What is QOS(Quality Of Service) in Kubernetes?

  • In Kubernetes, Quality of Service (QoS) refers to the categorization of pods based on the resource requirements and resource usage patterns.

  • Kubernetes uses QoS classes to make decisions about how to prioritize and evict pods when the cluster is under resource pressure.

  • Guaranteed (QoS Class: Guaranteed):

    • Pods in the Guaranteed QoS class have both memory (memory. request) and CPU (CPU. request) resource requests specified.
    • These pods are guaranteed to get the resources they request. They won't be evicted due to resource constraints unless they exceed their specified resource limits.
    • The resources reserved for these pods are exclusive, and they are not shared with other pods.
  • Burstable (QoS Class: Burstable):

    • Pods in the Burstable QoS class have resource requests (memory. request and/or cpu.request) but no resource limits (memory. limit and/or CPU. limit) specified.
    • These pods can consume resources beyond their requests, up to their specified limits, if available.
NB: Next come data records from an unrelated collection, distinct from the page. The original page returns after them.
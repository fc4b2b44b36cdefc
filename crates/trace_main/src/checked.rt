//! What is wrong with a scenario, line by line, and what its run refuses.

ghost use Rattle.std.specs.Prelude.{◌≡◌, ◌++◌, ◌∷◌, ◌≤◌, [], IfOk, length, map};
ghost use Rattle.trace_explain.specs.Explained.{explained_text};
ghost use Rattle.trace_explain.specs.declared.telling.Telling.TheVariants.{Refusals};
ghost use Rattle.trace_io.specs.Input.{longest_input};
ghost use Rattle.trace_io.specs.Output.{counts_line};
ghost use Rattle.trace_io.specs.declared.words.Task.TheVariants.{Check};
ghost use Rattle.trace_scenario.specs.Counts.{counts_of};
ghost use Rattle.trace_scenario.specs.Findings.{bad_lines, good_lines};
ghost use Rattle.trace_scenario.specs.StepLines.{numbered};
ghost use Rattle.trace_main.specs.Program.{Begins, Performs};
ghost use Rattle.trace_main.specs.Source.{IsReadFirst, Stands, text_in, told_number};

use crate::source::{Opened, Source};
use crate::told::write_all;
use std::alloc::{AllocError, Global};
use std::io::Write;
use trace_explain::{Telling, explained_run};
use trace_io::Fault;
use trace_io::print::print_findings;
use trace_run::TaskEnd;
use trace_scenario::{Counts, Finding, Findings, Lined, NumberedLine, Scenario, check};
use usb_device::into_setups;

/// Adds a bad line by this number.
fn add<'a>(told: &mut Vec<Finding<'a>>, line: u64, finding: &Finding<'a>) -> Result<(), AllocError>
    ensures { IfOk result (λ _. map (λ finding. finding.line) told.new.items ≡ map (λ finding. finding.line) told.old.items ++ line ∷ []) }
{
    let told_finding = Finding { line, ..*finding };
    match told.push(told_finding) {
        Ok(()) => Ok(()),
        Err(_) => Err(AllocError),
    }
}

/// Bad lines with the numbers by which they are told.
fn told_findings<'a>(
    alloc: Global,
    source: &Source<'_>,
    bad: &[Finding<'a>],
) -> Result<Vec<Finding<'a>>, AllocError>
    ensures { IfOk result (λ told. map (λ finding. finding.line) told.items ≡ map (told_number source.now) (map (λ finding. finding.line) bad.now)) }
{
    let mut told = Vec::new(alloc);
    for finding in bad {
        add(&mut told, source.number(finding.line), finding)?;
    }
    Ok(told)
}

/// Checks a text: prints its bad lines, and how much the good ones say; and of a text without a bad line which lines its run refuses, and why.
#[tactic(auto, using(crate::proofs::Begun::nothing_of, crate::proofs::Words::check_of, crate::proofs::Words::check_begun_of))]
pub(crate) fn report<W: Write>(alloc: Global, text: &[u8], out: &mut W) -> Result<TaskEnd, Fault>
    requires { length text.now ≤ longest_input }
    ensures ends { Performs Check text.now [] (W.contents out.old) (W.contents out.new) result }
    ensures begun { Begins Check text.now (W.contents out.old) (W.contents out.new) }
{
    let Opened { source, first } = Source::open(alloc, text)?;
    let Findings { bad, counts } = check(alloc, source.text())?;
    if bad.is_empty() {
        return report_good(alloc, &source, first, &counts, out);
    }
    let bad = told_findings(alloc, &source, bad.as_slice())?;
    print_findings(alloc, out, &Findings { bad, counts })?;
    Ok(TaskEnd::BadLines)
}

/// How much a scenario says, and which lines its run refuses. An error where memory is refused.
fn said(
    alloc: Global,
    counts: &Counts,
    scenario: Scenario,
    lines: &[NumberedLine<'_>],
) -> Result<Vec<u8>, AllocError>
    requires each { length lines.now ≡ length scenario.plan }
    ensures text { IfOk result (λ text. text.items ≡ counts_line counts.now ++ explained_text Refusals scenario.setup scenario.plan scenario.rules (map numbered lines.now)) }
{
    let Scenario { setup, plan, rules } = scenario;
    let setup = into_setups(alloc, setup)?;
    let (plan, rules) = (plan.as_slice(), rules.as_slice());
    let refused = explained_run(alloc, Telling::Refusals, &setup, plan, rules, lines)?;
    let mut text = Vec::new(alloc);
    let front = format!(in alloc; "{counts}\n")?;
    text.extend_from_slice(front.as_bytes())?;
    text.extend_from_slice(refused.as_slice())?;
    Ok(text)
}

/// Prints how much a scenario without a bad line says, and which lines its run refuses.
#[tactic(auto, using(crate::proofs::Begun::nothing_of))]
fn report_good<W: Write>(
    alloc: Global,
    source: &Source<'_>,
    first: Option<Lined<'_>>,
    counts: &Counts,
    out: &mut W,
) -> Result<TaskEnd, Fault>
    requires first { IsReadFirst source.now first }
    requires short { length source.now.given ≤ longest_input }
    requires stands { Stands source.now }
    requires good { bad_lines (text_in source.now) ≡ [] }
    requires counts { counts.now ≡ counts_of (good_lines (text_in source.now)) }
    ensures ends { Performs Check source.now.given [] (W.contents out.old) (W.contents out.new) result }
    ensures begun { Begins Check source.now.given (W.contents out.old) (W.contents out.new) }
{
    let Ok(
        Lined {
            scenario,
            lines,
            ..
        },
    ) = source.read(alloc, first)
    else {
        return Err(Fault::Memory);
    };
    let lines = source.told(alloc, lines.as_slice())?;
    let said = said(alloc, counts, scenario, lines.as_slice())?;
    write_all(out, said.as_slice())?;
    Ok(TaskEnd::Good)
}
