/// One more answer behind the script of a device's endpoint, as if it had stood there from the beginning; no step is made. `kind` is of
/// `enum tirnouch_answer`; a packet has these bytes. InvalidParam where the endpoint can't have it: there is none, it is of the other
/// direction, its packet has more than 2,048 bytes, or the script has 65,536 answers. NoMem where memory is refused. Then nothing
/// changed.
#[unsafe(no_mangle)]
pub extern "C" fn tirnouch_feed(
    alloc: Global,
    slot: &mut Slot,
    dev: u8,
    ep: u8,
    kind: u8,
    bytes: &[u8],
) -> i32
    ensures { InSlot slot.old.held.value slot.new.held.value result (FeedsBy dev ep kind bytes.now result) }
{
    let Some(mut session) = slot.take(alloc) else {
        return NO_SESSION;
    };
    let answer = feed_in(alloc, &mut session, dev, ep, kind, bytes);
    slot.put(alloc, session);
    answer
}

/// A device answers a request on its default control endpoint (USB 2.0, 9.3), of which these are the 8 bytes of the setup packet.
/// What is read stands in `buffer`, as far as there is room.
#[unsafe(no_mangle)]
pub extern "C" fn tirnouch_request(
    alloc: Global,
    slot: &mut Slot,
    dev: u8,
    setup: &[u8; 8],
    buffer: &mut [u8],
    response: &mut ControlResponse,
) -> i32
    ensures { InSlot slot.old.held.value slot.new.held.value result (Asks dev (packet_of setup.now) result response.new buffer.old buffer.new) }
{
    let packet = SetupPacket::read(setup);
    let Some(mut session) = slot.take(alloc) else {
        return NO_SESSION;
    };
    let answer = requests::ask(alloc, &mut session, dev, &packet, buffer, response);
    slot.put(alloc, session);
    answer
}
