//! Why a seat has to wait.

/// What a seat's next event waits for. The numbers are seats, but where another is named.
///
/// The first four are answered by the locks, the others by the machine above them. This project's
/// own, after the locks of `kernel/cpu.c` and its `cpuhp_kick_ap`.
#[derive(Clone, Copy, Debug, PartialEq, Eq)]
pub enum Why {
    /// That seat holds the map lock.
    MapsHeld(u32),
    /// That seat holds the write side of the hotplug lock.
    WriterIn(u32),
    /// So many readers, at least 1, hold its read side.
    ReadersIn(u32),
    /// That seat's registration is in flight.
    RegIn(u32),
    /// The hotplug thread of that processor has to make the next entry.
    ApTurn(u32),
    /// The hook of that state is lent.
    HookOut(u32),
    /// No entry is due from this thread.
    Idle,
}
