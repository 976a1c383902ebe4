//! The locks of the machine, and why a seat has to wait.
//!
//! There are three: the map lock, which one operation at a time holds from its begin to its end; the
//! hotplug lock, whose write side a walk holds and whose read side any number of readers do; and the
//! registration in flight, one at a time. `Locks` says who holds each, as seat numbers, and answers
//! with a `Why` where a seat can't have one now. Nothing here blocks: who waits asks again.
//!
//! After `cpu_add_remove_lock`, `cpu_hotplug_lock` and `cpuhp_state_mutex` of `kernel/cpu.c`. Its
//! contract: each call gives its lock exactly where none of the waits of `specs/Waits.antt` stands,
//! and else answers the first of them and changes nothing; `specs/Takes.antt` says what a seat makes of
//! the locks then. Only `admit` takes memory.
#![tactic(auto)]

mod locks;
mod why;

pub use locks::Locks;
pub use why::Why;
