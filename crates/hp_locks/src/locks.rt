//! Who holds which lock.

ghost use Rattle.std.specs.Prelude.{◌≡◌, [], ◌<◌, None, Some, true, false, length, IfErr, IfOk, OnOk, OnErr};
ghost use Rattle.hp_locks.specs.Holders.{reads, readers, with_map, with_writer, with_registrar, with_reader, with_seat};
ghost use Rattle.hp_locks.specs.Takes.{TakesMap, TakesWrite, TakesRegistration, BeginsToRead};
ghost use Rattle.hp_locks.specs.Waits.{wait_for_map, wait_for_writer, wait_for_registration, wait_to_write, wait_to_register};

use crate::why::Why;
use hp_states::NoMemory;
use std::alloc::Global;
use std::marker::Model;

/// The most seats that locks can tell apart: each has a number.
pub const MAX_LOCKED: u32 = u32::MAX;

/// The three locks: who holds the map lock, the write side and the registration, and who reads.
///
/// Contracts see these four (`Holders`). Seats are the numbers that `admit` has answered, from 0 on;
/// a call that takes a seat has it as a condition that it is one of these.
#[derive(Debug, Drop)]
pub struct Locks {
    map: Option<u32>,
    writer: Option<u32>,
    registrar: Option<u32>,
    reading: Vec<bool>,
    readers: u32,
}

impl Model for Locks {
    ghost use Rattle.hp_locks.specs.Holders.{Holders, IsCounted};

    ghost Value = { Holders };

    ghost view = { λ l. record {
      map = l.map;
      writer = l.writer;
      registrar = l.registrar;
      reading = l.reading.items;
    } };

    ghost invariant = { λ l. IsCounted l.reading.items l.readers };
}

impl Locks {
    /// The locks of a machine into which no seat has come: nobody holds any. Takes no memory.
    pub fn new(alloc: Global) -> Locks
        ensures { result ≡ record { map = None; writer = None; registrar = None; reading = [] } }
    {
        Locks {
            map: None,
            writer: None,
            registrar: None,
            reading: Vec::new(alloc),
            readers: 0,
        }
    }

    /// Lets a seat in, which holds nothing, and answers its number: the next one.
    ///
    /// There are fewer than `MAX_LOCKED` seats before it. Takes memory; where that is wanting nothing has
    /// changed. That numbers aren't used again is this project's own.
    pub fn admit(&mut self) -> Result<u32, NoMemory>
        requires { length self.old.reading < MAX_LOCKED }
        ensures seat { IfOk result (λ seat. seat ≡ length self.old.reading) }
        ensures ok { OnOk result (self.new ≡ with_seat self.old) }
        ensures err { OnErr result (self.new ≡ self.old) }
    {
        let seat = self.reading.len() as u32;
        self.reading.push(false)?;
        Ok(seat)
    }

    /// How many seats were let in: the numbers below are seats. Takes no memory.
    pub fn admitted(&self) -> u32
        ensures { result ≡ length self.now.reading }
    {
        self.reading.len() as u32
    }

    /// Takes the map lock.
    ///
    /// `MapsHeld` with its holder exactly where it is held, by whatever seat; then nothing has
    /// changed. Takes no memory. After `cpu_maps_update_begin` of `kernel/cpu.c`.
    pub fn enter_maps(&mut self, seat: u32) -> Result<(), Why>
        requires { seat < length self.old.reading }
        ensures ok { OnOk result (TakesMap seat self.old self.new) }
        ensures why { IfErr result (λ why. wait_for_map self.old ≡ Some why) }
        ensures err { OnErr result (self.new ≡ self.old) }
    {
        if let Some(why) = self.wait_for_map() {
            return Err(why);
        }
        self.map = Some(seat);
        Ok(())
    }

    /// Gives the map lock back, which this seat holds. Takes no memory. After
    /// `cpu_maps_update_done` of `kernel/cpu.c`.
    pub fn leave_maps(&mut self, seat: u32)
        requires { self.old.map ≡ Some seat }
        ensures { self.new ≡ with_map None self.old }
    {
        prove!(self.map == Some(seat));
        self.map = None;
    }

    /// Takes the write side of the hotplug lock, for a walk.
    ///
    /// The seat holds the map lock, and no seat the write side. The first of these that holds is
    /// answered, and then nothing has changed; else the seat holds it:
    /// - `ReadersIn` with their number, where any seat reads;
    /// - `RegIn` with its seat, where a registration is in flight.
    ///
    /// Takes no memory. After `cpus_write_lock` of `kernel/cpu.c`; there it keeps readers and
    /// registrations out while it waits.
    pub fn begin_write(&mut self, seat: u32) -> Result<(), Why>
        requires map { self.old.map ≡ Some seat }
        requires writer { self.old.writer ≡ None }
        ensures ok { OnOk result (TakesWrite seat self.old self.new) }
        ensures why { IfErr result (λ why. wait_to_write self.old ≡ Some why) }
        ensures err { OnErr result (self.new ≡ self.old) }
    {
        prove!(self.map == Some(seat) && self.writer.is_none());
        if let Some(why) = self.wait_to_write() {
            return Err(why);
        }
        self.writer = Some(seat);
        Ok(())
    }

    /// Gives the write side back, which this seat holds. Takes no memory. After
    /// `cpus_write_unlock` of `kernel/cpu.c`.
    pub fn end_write(&mut self, seat: u32)
        requires { self.old.writer ≡ Some seat }
        ensures { self.new ≡ with_writer None self.old }
    {
        prove!(self.writer == Some(seat));
        self.writer = None;
    }

    /// Begins a registration.
    ///
    /// The first of these that holds is answered, and then nothing has changed; else this seat's
    /// registration is in flight:
    /// - `WriterIn` with its holder, where the write side is held;
    /// - `RegIn` with its seat, where a registration is in flight, by whatever seat.
    ///
    /// Takes no memory. After `cpus_read_lock` and `cpuhp_state_mutex` of `kernel/cpu.c`; there it
    /// waits behind a walk that waits too.
    pub fn begin_reg(&mut self, seat: u32) -> Result<(), Why>
        requires { seat < length self.old.reading }
        ensures ok { OnOk result (TakesRegistration seat self.old self.new) }
        ensures why { IfErr result (λ why. wait_to_register self.old ≡ Some why) }
        ensures err { OnErr result (self.new ≡ self.old) }
    {
        if let Some(why) = self.wait_to_register() {
            return Err(why);
        }
        self.registrar = Some(seat);
        Ok(())
    }

    /// Ends this seat's registration, which is in flight. Takes no memory.
    pub fn end_reg(&mut self, seat: u32)
        requires { self.old.registrar ≡ Some seat }
        ensures { self.new ≡ with_registrar None self.old }
    {
        prove!(self.registrar == Some(seat));
        self.registrar = None;
    }

    /// Lets a seat read, which doesn't yet.
    ///
    /// `WriterIn` with its holder exactly where the write side is held; then nothing has changed. A
    /// registration keeps no reader out. Takes no memory. After `cpus_read_lock` of `kernel/cpu.c`;
    /// there a reader waits behind a walk that waits too.
    #[tactic(auto, using(crate::proofs::Readers::one_more))]
    pub fn read_lock(&mut self, seat: u32) -> Result<(), Why>
        requires seat { seat < length self.old.reading }
        requires outside { reads self.old seat ≡ false }
        ensures ok { OnOk result (BeginsToRead seat self.old self.new) }
        ensures why { IfErr result (λ why. wait_for_writer self.old ≡ Some why) }
        ensures err { OnErr result (self.new ≡ self.old) }
    {
        if let Some(why) = self.wait_to_read() {
            return Err(why);
        }
        self.reading[seat as usize] = true;
        self.readers += 1;
        Ok(())
    }

    /// Ends the read section of a seat, which reads. Takes no memory. After `cpus_read_unlock` of
    /// `kernel/cpu.c`.
    pub fn read_unlock(&mut self, seat: u32)
        requires seat { seat < length self.old.reading }
        requires inside { reads self.old seat ≡ true }
        ensures { self.new ≡ with_reader seat false self.old }
    {
        self.reading[seat as usize] = false;
        self.readers -= 1;
    }

    /// Whether a seat reads; a number that is no seat doesn't. Takes no memory.
    pub fn reading(&self, seat: u32) -> bool
        ensures { result ≡ reads self.now seat }
    {
        self.reading.get(seat as usize).is_some_and(|reads| *reads)
    }

    /// How many seats read. Takes no memory.
    pub fn readers(&self) -> u32
        ensures { result ≡ readers self.now }
    {
        self.readers
    }

    /// The seat that holds the map lock, if one does. Takes no memory.
    pub fn map_holder(&self) -> Option<u32>
        ensures { result ≡ self.now.map }
    {
        self.map
    }

    /// The seat that holds the write side of the hotplug lock, if one does. Takes no memory.
    pub fn writer(&self) -> Option<u32>
        ensures { result ≡ self.now.writer }
    {
        self.writer
    }

    /// The seat whose registration is in flight, if one is. Takes no memory.
    pub fn registrar(&self) -> Option<u32>
        ensures { result ≡ self.now.registrar }
    {
        self.registrar
    }

    /// What `enter_maps` would answer now: `MapsHeld`, or nothing. Takes no memory.
    pub fn wait_for_map(&self) -> Option<Why>
        ensures { result ≡ wait_for_map self.now }
    {
        self.map.map(Why::MapsHeld)
    }

    /// What `read_lock` would answer now: `WriterIn`, or nothing. Takes no memory.
    pub fn wait_to_read(&self) -> Option<Why>
        ensures { result ≡ wait_for_writer self.now }
    {
        self.writer.map(Why::WriterIn)
    }

    /// What keeps out a registration alone: `RegIn`, or nothing. Takes no memory.
    pub fn wait_for_registration(&self) -> Option<Why>
        ensures { result ≡ wait_for_registration self.now }
    {
        self.registrar.map(Why::RegIn)
    }

    /// What `begin_write` would answer now: `ReadersIn`, else `RegIn`, or nothing. Takes no memory.
    pub fn wait_to_write(&self) -> Option<Why>
        ensures { result ≡ wait_to_write self.now }
    {
        if self.readers > 0 {
            return Some(Why::ReadersIn(self.readers));
        }
        self.wait_for_registration()
    }

    /// What `begin_reg` would answer now: `WriterIn`, else `RegIn`, or nothing. Takes no memory.
    pub fn wait_to_register(&self) -> Option<Why>
        ensures { result ≡ wait_to_register self.now }
    {
        match self.wait_to_read() {
            Some(why) => Some(why),
            None => self.wait_for_registration(),
        }
    }
}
However, they may be subject to throttling if the node becomes resource-constrained.
    • Burstable pods share resources with other burstable and best-effort pods on the node.
  • Best-Effort (QoS Class: BestEffort):

    • Pods in the Best-Effort QoS class have neither resource requests nor resource limits specified.
    • These pods get what is available on the node. They don't have guarantees for resources, and they are the first to be evicted if the node runs out of resources.
  • The QoS classes are used by the Kubernetes scheduler and eviction manager to make decisions when the cluster is under resource pressure. For example, when a node is running out of resources, the scheduler may prioritize the eviction of best-effort pods first, then burstable pods, and finally, it will only evict guaranteed pods if necessary.

  • Understanding and setting appropriate QoS for your pods is important for resource management and ensuring that critical workloads get the resources they need. It helps Kubernetes make intelligent decisions when there is contention for resources on a node.